• **Input data**
ghost use Rattle.std.specs.Prelude.{◌≡◌, ◌↔◌, [], length, slice_get, IsTrue};
ghost use Rattle.std.specs.Iterator.{YieldsFirst, item_count};
ghost use Rattle.cwr_grammar.specs.RawParts.{IsTransactionText};
ghost use Rattle.cwr_grammar.specs.Spans.{IsSpan, raw_at};

use crate::Lines;
use crate::span::Span;
use cwr_record::WorkKind;
use std::alloc::{Allocator, Global};
use std::iter::FusedIterator;
use std::marker::Model;

/// A transaction as it stands in a well-formed file, whose bytes it borrows.
///
/// It has a header line and then its details, at most 99,999,999 lines in all. No line has a byte below 32.
#[derive(Debug, Drop)]
pub struct RawTransaction<'a> {
    bytes: &'a [u8],
    group: u32,
    sequence: u32,
    kind: WorkKind,
}

impl<'a> Model for RawTransaction<'a> {
    ghost use Rattle.std.specs.Str.Lines.{lines};
    ghost use Rattle.cwr_grammar.specs.RawParts.{RawParts, IsTransactionText};

    ghost Value = { RawParts };

    ghost view = { λ r. record { group = r.group; sequence = r.sequence; kind = r.kind; lines = lines r.bytes.now } };

    ghost invariant = { λ r. IsTransactionText (lines r.bytes.now) };
}

impl<'a> RawTransaction<'a> {
    /// Group id of its group, from 1.
    pub fn group(&self) -> u32
        ensures { result ≡ self.now.group }
    {
        self.group
    }

    /// Transaction sequence: its number in its group, from 0.
    pub fn sequence(&self) -> u32
        ensures { result ≡ self.now.sequence }
    {
        self.sequence
    }

    /// What its header names: NWR or REV.
    pub fn kind(&self) -> WorkKind
        ensures { result ≡ self.now.kind }
    {
        self.kind
    }

    /// Its lines, the header first. They are searched for in the bytes again, which takes no memory.
    pub fn lines(&self) -> Lines<'a>
        ensures value { result ≡ self.now.lines }
        ensures text { IsTransactionText self.now.lines }
    {
        Lines::of(self.bytes)
    }
}

/// The transactions of a well-formed file, in order. They borrow its bytes.
///
/// A contract sees them as a list.
#[derive_where(Debug)]
#[derive(Drop)]
pub struct Transactions<'a, A: Allocator = Global> {
    pub(crate) bytes: &'a [u8],
    pub(crate) spans: Vec<Span, A>,
}

impl<'a, A: Allocator> Model for Transactions<'a, A> {
    ghost use Rattle.std.specs.Prelude.{List};
    ghost use Rattle.std.specs.List.{AllByRecursion};
    ghost use Rattle.cwr_grammar.specs.RawParts.{RawParts};
    ghost use Rattle.cwr_grammar.specs.Spans.{IsSpan, raws_at};

    ghost Value = { List RawParts };

    ghost view = { λ t. raws_at t.bytes.now t.spans.items };

    ghost invariant = { λ t. AllByRecursion (IsSpan t.bytes.now) t.spans.items };
}

impl<'a, A: Allocator> Transactions<'a, A> {
    /// How many there are.
    pub fn len(&self) -> usize
        ensures { result ≡ length self.now }
    {
        self.spans.len()
    }

    /// Whether there are none.
    pub fn is_empty(&self) -> bool
        ensures { IsTrue result ↔ (self.now ≡ []) }
    {
        self.spans.is_empty()
    }

    /// The transaction at an index, counted from 0.
    pub fn get(&self, index: usize) -> Option<RawTransaction<'a>>
        ensures { result ≡ slice_get self.now index }
    {
        let span = self.spans.get(index)?;
        Some(transaction_at(self.bytes, span))
    }

    /// Goes over the transactions in order.
    pub fn iter(&self) -> TransactionIter<'a, '_>
        ensures { result ≡ self.now }
    {
        TransactionIter {
            bytes: self.bytes,
            spans: self.spans.as_slice(),
        }
    }
}

impl<'a, 's, A: Allocator> IntoIterator for &'s Transactions<'a, A> {
    type Item = RawTransaction<'a>;

    type IntoIter = TransactionIter<'a, 's>;

    fn into_iter(self) -> TransactionIter<'a, 's>
        ensures { result ≡ self.now }
    {
        self.iter()
    }
}

/// The transactions of a file that are still to come, in order.
///
/// A contract sees this iterator as the list of the transactions.
#[derive(Debug, Drop)]
pub struct TransactionIter<'a, 's> {
    bytes: &'a [u8],
    spans: &'s [Span],
}

impl<'a, 's> Model for TransactionIter<'a, 's> {
    ghost use Rattle.std.specs.Prelude.{List};
    ghost use Rattle.std.specs.List.{AllByRecursion};
    ghost use Rattle.cwr_grammar.specs.RawParts.{RawParts};
    ghost use Rattle.cwr_grammar.specs.Spans.{IsSpan, raws_at};

    ghost Value = { List RawParts };

    ghost view = { λ t. raws_at t.bytes.now t.spans.now };

    ghost invariant = { λ t. AllByRecursion (IsSpan t.bytes.now) t.spans.now };
}

impl<'a> Iterator for TransactionIter<'a, '_> {
    type Item = RawTransaction<'a>;

    ghost next_gives = { YieldsFirst (λ t. t) };

    ghost remaining = { item_count (λ t. t) };

    fn next(&mut self) -> Option<RawTransaction<'a>> {
        let (span, spans) = self.spans.split_first()?;
        self.spans = spans;
        Some(transaction_at(self.bytes, span))
    }
}

impl FusedIterator for TransactionIter<'_, '_> {}

/// The transaction that a span describes.
fn transaction_at<'a>(bytes: &'a [u8], span: &Span) -> RawTransaction<'a>
    requires { IsSpan bytes.now span.now }
    ensures { result ≡ raw_at bytes.now span.now }
{
    RawTransaction {
        bytes: &bytes[span.start..span.end],
        group: span.group,
        sequence: span.sequence,
        kind: span.kind,
    }
}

• **Assignment**
Would you write the records out again, word for word?

• **Result**
ghost use Rattle.std.specs.Prelude.{◌≡◌, ◌↔◌, [], length, slice_get, IsTrue};
ghost use Rattle.std.specs.Iterator.{YieldsFirst, item_count};
ghost use Rattle.cwr_grammar.specs.RawParts.{IsTransactionText};
ghost use Rattle.cwr_grammar.specs.Spans.{IsSpan, raw_at};

use crate::Lines;
use crate::span::Span;
use cwr_record::WorkKind;
use std::alloc::{Allocator, Global};
use std::iter::FusedIterator;
use std::marker::Model;

/// A transaction as it stands in a well-formed file, whose bytes it borrows.
///
/// It has a header line and then its details, at most 99,999,999 lines in all. No line has a byte below 32.
#[derive(Debug, Drop)]
pub struct RawTransaction<'a> {
    bytes: &'a [u8],
    group: u32,
    sequence: u32,
    kind: WorkKind,
}

impl<'a> Model for RawTransaction<'a> {
    ghost use Rattle.std.specs.Str.Lines.{lines};
    ghost use Rattle.cwr_grammar.specs.RawParts.{RawParts, IsTransactionText};

    ghost Value = { RawParts };

    ghost view = { λ r. record { group = r.group; sequence = r.sequence; kind = r.kind; lines = lines r.bytes.now } };

    ghost invariant = { λ r. IsTransactionText (lines r.bytes.now) };
}

impl<'a> RawTransaction<'a> {
    /// Group id of its group, from 1.
    pub fn group(&self) -> u32
        ensures { result ≡ self.now.group }
    {
        self.group
    }

    /// Transaction sequence: its number in its group, from 0.
    pub fn sequence(&self) -> u32
        ensures { result ≡ self.now.sequence }
    {
        self.sequence
    }

    /// What its header names: NWR or REV.
    pub fn kind(&self) -> WorkKind
        ensures { result ≡ self.now.kind }
    {
        self.kind
    }

    /// Its lines, the header first. They are searched for in the bytes again, which takes no memory.
    pub fn lines(&self) -> Lines<'a>
        ensures value { result ≡ self.now.lines }
        ensures text { IsTransactionText self.now.lines }
    {
        Lines::of(self.bytes)
    }
}

/// The transactions of a well-formed file, in order. They borrow its bytes.
///
/// A contract sees them as a list.
#[derive_where(Debug)]
#[derive(Drop)]
pub struct Transactions<'a, A: Allocator = Global> {
    pub(crate) bytes: &'a [u8],
    pub(crate) spans: Vec<Span, A>,
}

impl<'a, A: Allocator> Model for Transactions<'a, A> {
    ghost use Rattle.std.specs.Prelude.{List};
    ghost use Rattle.std.specs.List.{AllByRecursion};
    ghost use Rattle.cwr_grammar.specs.RawParts.{RawParts};
    ghost use Rattle.cwr_grammar.specs.Spans.{IsSpan, raws_at};

    ghost Value = { List RawParts };

    ghost view = { λ t. raws_at t.bytes.now t.spans.items };

    ghost invariant = { λ t. AllByRecursion (IsSpan t.bytes.now) t.spans.items };
}

impl<'a, A: Allocator> Transactions<'a, A> {
    /// How many there are.
    pub fn len(&self) -> usize
        ensures { result ≡ length self.now }
    {
        self.spans.len()
    }

    /// Whether there are none.
    pub fn is_empty(&self) -> bool
        ensures { IsTrue result ↔ (self.now ≡ []) }
    {
        self.spans.is_empty()
    }

    /// The transaction at an index, counted from 0.
    pub fn get(&self, index: usize) -> Option<RawTransaction<'a>>
        ensures { result ≡ slice_get self.now index }
    {
        let span = self.spans.get(index)?;
        Some(transaction_at(self.bytes, span))
    }

    /// Goes over the transactions in order.
    pub fn iter(&self) -> TransactionIter<'a, '_>
        ensures { result ≡ self.now }
    {
        TransactionIter {
            bytes: self.bytes,
            spans: self.spans.as_slice(),
        }
    }
}

impl<'a, 's, A: Allocator> IntoIterator for &'s Transactions<'a, A> {
    type Item = RawTransaction<'a>;

    type IntoIter = TransactionIter<'a, 's>;

    fn into_iter(self) -> TransactionIter<'a, 's>
        ensures { result ≡ self.now }
    {
        self.iter()
    }
}

/// The transactions of a file that are still to come, in order.
///
/// A contract sees this iterator as the list of the transactions.
#[derive(Debug, Drop)]
pub struct TransactionIter<'a, 's> {
    bytes: &'a [u8],
    spans: &'s [Span],
}

impl<'a, 's> Model for TransactionIter<'a, 's> {
    ghost use Rattle.std.specs.Prelude.{List};
    ghost use Rattle.std.specs.List.{AllByRecursion};
    ghost use Rattle.cwr_grammar.specs.RawParts.{RawParts};
    ghost use Rattle.cwr_grammar.specs.Spans.{IsSpan, raws_at};

    ghost Value = { List RawParts };

    ghost view = { λ t. raws_at t.bytes.now t.spans.now };

    ghost invariant = { λ t. AllByRecursion (IsSpan t.bytes.now) t.spans.now };
}

impl<'a> Iterator for TransactionIter<'a, '_> {
    type Item = RawTransaction<'a>;

    ghost next_gives = { YieldsFirst (λ t. t) };

    ghost remaining = { item_count (λ t. t) };

    fn next(&mut self) -> Option<RawTransaction<'a>> {
        let (span, spans) = self.spans.split_first()?;
        self.spans = spans;
        Some(transaction_at(self.bytes, span))
    }
}

impl FusedIterator for TransactionIter<'_, '_> {}

/// The transaction that a span describes.
fn transaction_at<'a>(bytes: &'a [u8], span: &Span) -> RawTransaction<'a>
    requires { IsSpan bytes.now span.now }
    ensures { result ≡ raw_at bytes.now span.now }
{
    RawTransaction {
        bytes: &bytes[span.start..span.end],
        group: span.group,
        sequence: span.sequence,
        kind: span.kind,
    }
}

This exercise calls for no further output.